Na ação, o PT e os demais partidos da federação — PCdoB e PV — pedem a retirada do conteúdo das redes sociais, a suspensão do impulsionamento da publicação e a aplicação de multa por supostas irregularidades eleitorais, incluindo propaganda antecipada.

Defesa de Flávio Bolsonaro

Em nota, a equipe de pré-campanha de Flávio Bolsonaro afirma que o partido do presidente Luiz Inácio Lula da Silva tenta “censurar” o vídeo. A defesa argumenta que a publicação contém um aviso “transparente” informando que o material foi produzido com uso de inteligência artificial.

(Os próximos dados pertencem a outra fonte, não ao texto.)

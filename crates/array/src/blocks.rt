//! Reading and writing blocks of volume sets.
ghost use Rattle.std.specs.Prelude.{◌≡◌};
ghost use Rattle.group.specs.Record.{Reads, Writes};
ghost use Rattle.array.specs.Arrays.{config};
ghost use Rattle.array.specs.Calls.{OnDrives, ReadsBlock, WritesBlock};
ghost use Rattle.array.specs.Blaming.{blamed};
ghost use Rattle.array.specs.Kinds.{method};

use crate::kind::MethodKind;
use crate::refusal::{Fault, Refusal, Refused, ensure};
use crate::slot::GroupSlot;
use crate::tables::Array;
use crate::volume::VolumeBlock;
use bus::Bus;
use group::fault::GroupFault;
use layout::mirror::Mirror;
use layout::parity::Parity;
use layout::unprotected::Unprotected;

impl VolumeBlock {
    // A group's fault, seen from this block. A lost row is refused by `lost`. Of the other faults only `Outside` is
    // possible, where an extent does not lie on its drive: the array is used with another bus than the one that it was
    // configured on.
    fn blame(self, lost: Refusal, fault: GroupFault) -> Refused
        ensures { result ≡ blamed self lost fault }
    {
        let GroupFault::Lost {
            group,
            row,
            member,
            at,
        } = fault
        else {
            return Refusal::Outside.into();
        };
        Refused {
            refusal: lost,
            fault: Some(Fault::OfBlock {
                of: self,
                group,
                row,
                member,
                at,
            }),
        }
    }
}

impl GroupSlot {
    // Reads protected block `q` by the group's method.
    fn read<B: Bus>(&self, bus: &mut B, q: usize, buf: &mut [u8]) -> Result<(), GroupFault>
        ensures { Reads (method self.now.kind) (B.Bus.drives bus.old) (B.Bus.drives bus.new) self.now.group q buf.old buf.new result }
    {
        match self.kind {
            MethodKind::NoRedundancy => self.group.read::<B, Unprotected>(bus, q, buf),
            MethodKind::Copy => self.group.read::<B, Mirror>(bus, q, buf),
            MethodKind::Xor => self.group.read::<B, Parity>(bus, q, buf),
        }
    }

    // Writes protected block `q` by the group's method.
    fn write<B: Bus>(&self, bus: &mut B, q: usize, bytes: &[u8]) -> Result<(), GroupFault>
        ensures { Writes (method self.now.kind) (B.Bus.drives bus.old) (B.Bus.drives bus.new) self.now.group q bytes.now result }
    {
        match self.kind {
            MethodKind::NoRedundancy => self.group.write::<B, Unprotected>(bus, q, bytes),
            MethodKind::Copy => self.group.write::<B, Mirror>(bus, q, bytes),
            MethodKind::Xor => self.group.write::<B, Parity>(bus, q, bytes),
        }
    }
}

impl Array {
    /// Reads a block of a volume set into the first 512 bytes of `buf`, on a bus on which the configured extents lie.
    pub fn read<B: Bus>(&self, bus: &mut B, at: VolumeBlock, buf: &mut [u8]) -> Result<(), Refused>
        ensures { OnDrives (B.Bus.drives bus.old) (config self.now) → ReadsBlock (B.Bus.drives bus.old) (B.Bus.drives bus.new) (config self.now) at.volume at.block buf.old buf.new result }
    {
        let found = self.admit(at, buf.len())?;
        found
            .slot
            .read(bus, found.block, buf)
            .map_err(|fault| at.blame(Refusal::LostReading, fault))
    }

    /// Writes the first 512 of `bytes` to a block of a volume set, on a bus on which the configured extents lie.
    pub fn write<B: Bus>(&self, bus: &mut B, at: VolumeBlock, bytes: &[u8]) -> Result<(), Refused>
        ensures { OnDrives (B.Bus.drives bus.old) (config self.now) → WritesBlock (B.Bus.drives bus.old) (B.Bus.drives bus.new) (config self.now) at.volume at.block bytes.now result }
    {
        let volume = self.volume(at.volume)?;
        let found = self.admit(at, bytes.len())?;
        ensure(volume.writes, Refusal::WritesDisabled)?;
        found
            .slot
            .write(bus, found.block, bytes)
            .map_err(|fault| at.blame(Refusal::LostWriting, fault))
    }
}
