//! Why a call is refused.
ghost use Rattle.std.specs.Prelude.{◌≡◌, IsTrue, MatchResult};
ghost use Rattle.std.specs.Bool.{IsFalse};
ghost use Rattle.array.specs.Refusals.{number_of, sense_of, plain};
ghost use Rattle.array.specs.declared.refusal.Refusal.TheVariants.{Field};

use crate::kind::UnknownMethod;
use crate::volume::VolumeBlock;
use bus::BlockAddress;

/// The check that failed. One number can have two senses.
#[derive(Clone, Copy, PartialEq, Eq, Debug)]
pub enum Refusal {
    /// A number is outside its rule: method, members, depth, rows, counts, the length of a list.
    Field,
    /// A drive is not on the bus.
    NoDrive,
    /// A group or volume set is not configured, or not free where it is to be made.
    NotConfigured,
    /// The buffer is too short.
    ShortBuffer,
    /// An extent, a run or a block lies outside.
    Outside,
    /// Extents or runs are assigned or overlap, members share a drive, a deleted group has runs.
    Conflict,
    /// A drive is broken, or broke.
    Broken,
    /// Writes are disabled.
    WritesDisabled,
    /// The block to be read is lost.
    LostReading,
    /// The block to be written is lost, or its row was.
    LostWriting,
}

/// What a host is told of a refusal.
#[derive(Clone, Copy, PartialEq, Eq, Debug)]
pub struct Sense {
    pub key: u8,
    pub code: u8,
    pub qualifier: u8,
}

// Two variants and no option of a block of a volume set: faults are enums from the bus up, and the variant says how far this one
// came.

/// The drive that a refusal names, with all that is known of it.
#[derive(Clone, Copy, PartialEq, Eq, Debug)]
pub enum Fault {
    /// The drive, and its block which is the member's block of the row.
    OfRow {
        group: usize,
        row: usize,
        member: usize,
        at: BlockAddress,
    },
    /// The same, met on the way to a block of a volume set.
    OfBlock {
        of: VolumeBlock,
        group: usize,
        row: usize,
        member: usize,
        at: BlockAddress,
    },
}

/// A refused call: the check that failed, and the drive to blame where drives have to do with it.
#[derive(Clone, Copy, PartialEq, Eq, Debug)]
pub struct Refused {
    pub refusal: Refusal,
    pub fault: Option<Fault>,
}

impl Refusal {
    // No From: `u8::from(refusal)` would not say which number; nor has the enum numbers of its own, since two of them share one.

    /// The number of the check.
    pub fn number(self) -> u8
        ensures { result ≡ number_of self }
    {
        match self {
            Refusal::Field => 3,
            Refusal::NoDrive => 4,
            Refusal::NotConfigured => 5,
            Refusal::ShortBuffer => 6,
            Refusal::Outside => 7,
            Refusal::Conflict => 8,
            Refusal::Broken => 9,
            Refusal::WritesDisabled => 10,
            Refusal::LostReading | Refusal::LostWriting => 11,
        }
    }

    /// Its sense; none where no command of a host leads to it.
    pub fn sense(self) -> Option<Sense>
        ensures { result ≡ sense_of self }
    {
        let (key, code) = match self {
            Refusal::Field | Refusal::ShortBuffer => (0x05, 0x24),
            Refusal::NoDrive => (0x05, 0x25),
            Refusal::NotConfigured => (0x05, 0x68),
            Refusal::Outside => (0x05, 0x21),
            Refusal::Conflict | Refusal::Broken => return None,
            Refusal::WritesDisabled => (0x07, 0x27),
            Refusal::LostReading => (0x03, 0x11),
            Refusal::LostWriting => (0x03, 0x0c),
        };
        Some(Sense {
            key,
            code,
            qualifier: 0,
        })
    }
}

// With no drive to blame.
impl From<Refusal> for Refused {
    ghost from_gives = { λ x y. y ≡ plain x };

    fn from(refusal: Refusal) -> Refused {
        Refused {
            refusal,
            fault: None,
        }
    }
}

// A method is a number of the call.
impl From<UnknownMethod> for Refused {
    ghost from_gives = { λ _ y. y ≡ plain Field };

    fn from(_: UnknownMethod) -> Refused {
        Refusal::Field.into()
    }
}

// Refused by `refusal`, with no drive to blame, unless the check holds.
pub(crate) fn ensure(holds: bool, refusal: Refusal) -> Result<(), Refused>
    ensures { MatchResult result (λ _. IsTrue holds) (λ x. IsFalse holds × (x ≡ plain refusal)) }
{
    if holds { Ok(()) } else { Err(refusal.into()) }
}
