//! Whether an array has any extent.
ghost use Rattle.std.specs.Prelude.{ℕ, IsTrue, ◌↔◌};
ghost use Rattle.array.specs.Arrays.{config};
ghost use Rattle.array.specs.Configuration.{Configured};

use crate::tables::Array;

impl Array {
    /// Whether no group is configured.
    pub fn is_empty(&self) -> bool
        ensures { IsTrue result ↔ ((g : ℕ) → Configured (config self.now).groups g → ⊥) }
    {
        self.groups.iter().all(|slot| slot.is_none())
    }
}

Regras para uso de IA nas eleições

No início de março deste ano, o TSE divulgou as regras que orientarão partidos e candidatos nas eleições de outubro. O uso de inteligência artificial na propaganda eleitoral é permitido, mas é obrigatório informar que o conteúdo foi gerado por IA e qual ferramenta foi utilizada.

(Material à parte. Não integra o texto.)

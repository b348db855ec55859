//! A volume set as the array keeps it.
ghost use Rattle.std.specs.Prelude.{◌≤◌};

/// The most runs of a volume set.
pub const MOST_RUNS: usize = 4;

/// A block of a volume set: any numbers at all.
#[derive(Clone, Copy, PartialEq, Eq, Debug)]
pub struct VolumeBlock {
    pub volume: usize,
    pub block: usize,
}

/// A run of protected blocks of a group: any numbers at all.
#[derive(Clone, Copy, PartialEq, Eq, Debug)]
pub struct Run {
    pub group: usize,
    pub first: usize,
    pub count: usize,
}

// No heap here: room for the most runs, and `active` gives those that there are.

/// One to four runs, joined in order, and whether writes are enabled.
#[derive(Clone, Copy)]
pub struct Volume {
    pub(crate) runs: [Run; MOST_RUNS],
    pub(crate) count: usize,
    pub(crate) writes: bool,
    ghost some: { 1 ≤ count },
    ghost few: { count ≤ 4 },
}
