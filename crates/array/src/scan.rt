//! What the tables hold: the checks that read them.
ghost use Rattle.std.specs.Prelude.{◌≡◌, ℕ, ◌+◌, ◌<◌, ◌≤◌, [], length, IsTrue, ◌↔◌, MatchOption, ◌≢◌};
ghost use Rattle.array.specs.Checks.{EachRun, RunsSeparate};
ghost use Rattle.array.specs.Configuration.{Configured, Free, RunsOverlap, UnassignedRun, HasRun, group_at, volume_at, group_view, volume_view, configuration, mapped_option, no_volume, or_else, run as run_of};
ghost use Rattle.array.specs.Finding.{EntryAt};
ghost use Rattle.array.specs.Places.{size_of};

use crate::slot::GroupSlot;
use crate::volume::{MOST_RUNS, Run, Volume};

impl Volume {
    /// The runs there are.
    pub(crate) fn active(&self) -> &[Run]
        ensures { result.now ≡ (volume_view self.now).runs }
    {
        &self.runs[..self.count]
    }
}

impl GroupSlot {
    /// How many protected blocks the group has.
    pub(crate) fn size(&self) -> usize
        ensures { result ≡ size_of (group_view self.now) }
    {
        self.kind.protected_blocks(&self.group.geometry())
    }
}

/// What stands under a number in a table, if anything does.
pub(crate) fn entry<T>(table: &[Option<T>], n: usize) -> Option<&T>
    ensures { MatchOption result (Configured table.now n → ⊥) (λ x. EntryAt table.now n x.now) }
{
    table.get(n)?.as_ref()
}

/// Whether something may be made under the number.
pub(crate) fn is_free<T>(table: &[Option<T>], n: usize) -> bool
    ensures { IsTrue result ↔ Free table.now n }
{
    matches!(table.get(n), Some(None))
}

// The runs of a volume set, if there is one.
fn runs_of(volume: &Option<Volume>) -> &[Run]
    ensures { result.now ≡ (or_else no_volume (mapped_option volume_view volume.now)).runs }
{
    match volume {
        Some(volume) => volume.active(),
        None => &[],
    }
}

// How many protected blocks group `g` has; none where there is no such group.
fn size_at(groups: &[Option<GroupSlot>], g: usize) -> usize
    ensures { result ≡ size_of (group_at (configuration groups.now []) g) }
{
    entry(groups, g).map_or(0, GroupSlot::size)
}

// Whether one of the runs lies in group `g`.
fn lies_in(runs: &[Run], g: usize) -> bool
    ensures { IsTrue result ↔ ((j : ℕ) × (j < length runs.now) × ((run_of runs.now j).group ≡ g)) }
{
    runs.iter().any(|run| run.group == g)
}

/// Whether no run of a volume set lies in group `g`.
pub(crate) fn is_unused(volumes: &[Option<Volume>], g: usize) -> bool
    ensures { IsTrue result ↔ ((v j : ℕ) → HasRun (configuration [] volumes.now) v j → (run_of (volume_at (configuration [] volumes.now) v).runs j).group ≢ g) }
{
    volumes.iter().all(|volume| !lies_in(runs_of(volume), g))
}

// Whether some protected block lies in both runs.
fn overlap(r: Run, s: Run) -> bool
    ensures { IsTrue result ↔ RunsOverlap r s }
{
    r.group == s.group
        && if r.first <= s.first {
            s.count > 0 && s.first - r.first < r.count
        } else {
            r.count > 0 && r.first - s.first < s.count
        }
}

// Whether some protected block lies in `r` and in one of the runs.
fn overlaps_any(r: Run, runs: &[Run]) -> bool
    ensures { IsTrue result ↔ ((j : ℕ) × (j < length runs.now) × RunsOverlap r (run_of runs.now j)) }
{
    runs.iter().any(|s| overlap(r, *s))
}

// Whether some protected block lies in one of the runs and in one of the others.
fn meet(runs: &[Run], others: &[Run]) -> bool
    ensures { IsTrue result ↔ ((i : ℕ) × (i < length runs.now) × (j : ℕ) × (j < length others.now) × RunsOverlap (run_of runs.now i) (run_of others.now j)) }
{
    runs.iter().any(|run| overlaps_any(*run, others))
}

/// Whether none of the runs shares a block with a run of a volume set.
pub(crate) fn are_unassigned(volumes: &[Option<Volume>], runs: &[Run]) -> bool
    ensures { IsTrue result ↔ EachRun runs.now (UnassignedRun (configuration [] volumes.now)) }
{
    volumes.iter().all(|volume| !meet(runs, runs_of(volume)))
}

/// Whether no two of the runs share a block.
pub(crate) fn are_separate(runs: &[Run]) -> bool
    ensures { IsTrue result ↔ RunsSeparate runs.now }
{
    runs.iter()
        .enumerate()
        .all(|(j, run)| !overlaps_any(*run, &runs[..j]))
}

/// Whether `count` blocks from `start` on end no later than `end`.
pub(crate) fn ends_by(start: usize, count: usize, end: usize) -> bool
    ensures { IsTrue result ↔ (start + count ≤ end) }
{
    start <= end && count <= end - start
}

/// Whether every run ends inside its group.
pub(crate) fn are_inside(groups: &[Option<GroupSlot>], runs: &[Run]) -> bool
    ensures { IsTrue result ↔ EachRun runs.now (λ r. r.first + r.count ≤ size_of (group_at (configuration groups.now []) r.group)) }
{
    runs.iter().all(|run| ends_by(run.first, run.count, size_at(groups, run.group)))
}

/// Whether the groups of all the runs are there.
pub(crate) fn have_groups(groups: &[Option<GroupSlot>], runs: &[Run]) -> bool
    ensures { IsTrue result ↔ EachRun runs.now (λ r. Configured (configuration groups.now []).groups r.group) }
{
    runs.iter().all(|run| entry(groups, run.group).is_some())
}

/// Whether there are one to four runs, each of at least one block.
pub(crate) fn are_counted(runs: &[Run]) -> bool
    ensures { IsTrue result ↔ ((1 ≤ length runs.now) × (length runs.now ≤ 4) × EachRun runs.now (λ r. 1 ≤ r.count)) }
{
    !runs.is_empty() && runs.len() <= MOST_RUNS && runs.iter().all(|run| run.count > 0)
}
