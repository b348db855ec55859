//! What an array is asked that needs no drive: its volume sets, their sizes, and where their blocks lie.
ghost use Rattle.std.specs.Prelude.{◌≡◌, ◌<◌};
ghost use Rattle.array.specs.Arrays.{config};
ghost use Rattle.array.specs.Calls.{Asked};
ghost use Rattle.array.specs.Checks.{group_number_checks, size_checks, map_checks, block_checks};
ghost use Rattle.array.specs.Configuration.{volume_at, volume_view, group_view};
ghost use Rattle.array.specs.Finding.{SlotAt, FoundAt, PlacedAt};
ghost use Rattle.array.specs.Places.{blocks_of, size_of, home_block, mapped};

use crate::refusal::{Refusal, Refused, ensure};
use crate::scan::entry;
use crate::slot::GroupSlot;
use crate::spots::{count_blocks, find_spot};
use crate::tables::Array;
use crate::volume::{Volume, VolumeBlock};
use bus::{BLOCK, BlockAddress};

// A protected block, with its group.
#[derive(Clone, Copy)]
pub(crate) struct Found<'a> {
    pub(crate) slot: &'a GroupSlot,
    pub(crate) block: usize,
}

impl GroupSlot {
    // The drive block that is the home of protected block `q`.
    fn home_block(&self, q: usize) -> BlockAddress
        requires { q < size_of (group_view self.now) }
        ensures { PlacedAt (home_block (group_view self.now) q) result }
    {
        let place = self.kind.locate(&self.group.geometry(), q).unwrap();
        let member = self.group.active()[place.member];
        BlockAddress {
            drive: member.drive,
            block: member.start + place.row,
        }
    }
}

impl Array {
    // This and the next are two functions, since each promises the checks of its own table.

    // The volume set of this number.
    pub(crate) fn volume(&self, v: usize) -> Result<&Volume, Refused>
        ensures { Asked (size_checks (config self.now) v) (λ x. volume_view x.now ≡ volume_at (config self.now) v) result }
    {
        Ok(entry(&self.volumes, v).ok_or(Refusal::NotConfigured)?)
    }

    // The group of this number.
    pub(crate) fn slot(&self, g: usize) -> Result<&GroupSlot, Refused>
        ensures { Asked (group_number_checks (config self.now) g) (λ s. SlotAt (config self.now) g s.now) result }
    {
        Ok(entry(&self.groups, g).ok_or(Refusal::NotConfigured)?)
    }

    // The protected block that is this block of a volume set.
    fn find(&self, at: VolumeBlock) -> Result<Found, Refused>
        ensures { Asked (map_checks (config self.now) at.volume at.block) (λ f. FoundAt (config self.now) at.volume at.block f.slot.now f.block) result }
    {
        let volume = self.volume(at.volume)?;
        let spot = find_spot(volume.active(), at.block).ok_or(Refusal::Outside)?;
        let slot = self.slot(spot.group)?;
        Ok(Found {
            slot,
            block: spot.block,
        })
    }

    // The same, for a buffer of `len` bytes.
    pub(crate) fn admit(&self, at: VolumeBlock, len: usize) -> Result<Found, Refused>
        ensures { Asked (block_checks (config self.now) at.volume at.block len) (λ f. FoundAt (config self.now) at.volume at.block f.slot.now f.block) result }
    {
        self.volume(at.volume)?;
        ensure(len >= BLOCK, Refusal::ShortBuffer)?;
        self.find(at)
    }

    /// How many blocks the volume set has.
    pub fn size(&self, v: usize) -> Result<usize, Refused>
        ensures { Asked (size_checks (config self.now) v) (λ n. n ≡ blocks_of (config self.now) v) result }
    {
        let volume = self.volume(v)?;
        Ok(count_blocks(volume.active()))
    }

    /// The drive block that is the home of a block of a volume set.
    pub fn map(&self, at: VolumeBlock) -> Result<BlockAddress, Refused>
        ensures { Asked (map_checks (config self.now) at.volume at.block) (λ p. (p.drive ≡ (mapped (config self.now) at.volume at.block).drive) × (p.block ≡ (mapped (config self.now) at.volume at.block).at)) result }
    {
        let found = self.find(at)?;
        Ok(found.slot.home_block(found.block))
    }
}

Entre as novidades para 2026, destacam-se:

  • Proibição da circulação de conteúdos gerados por IA nas 72 horas que antecedem a eleição e nas 24 horas após a votação.
  • Plataformas de IA, como ChatGPT e Gemini, não podem recomendar candidatos ou ranquear candidaturas, mesmo que o usuário solicite.
  • Materiais criados ou manipulados com IA devem trazer aviso explícito, em local destacado e de fácil visualização, informando que o conteúdo foi fabricado ou alterado, bem como a tecnologia utilizada. A exigência também se aplica a materiais impressos.
  • “Responsabilidade solidária” de provedores por não remover imediatamente conteúdos sintéticos irregulares.
  • Tribunais poderão firmar convênios com universidades para apoio técnico em perícias digitais.
  • Criação de “planos de conformidade” para as plataformas digitais, funcionando como um roteiro detalhado de prestação de contas antes, durante e depois do processo eleitoral.

As regras deste ano também ampliaram as exigências de transparência sobre conteúdos impulsionados. As campanhas deverão identificar de forma “inequívoca” que se trata de conteúdo patrocinado, além de disponibilizar informações claras sobre o impulsionamento.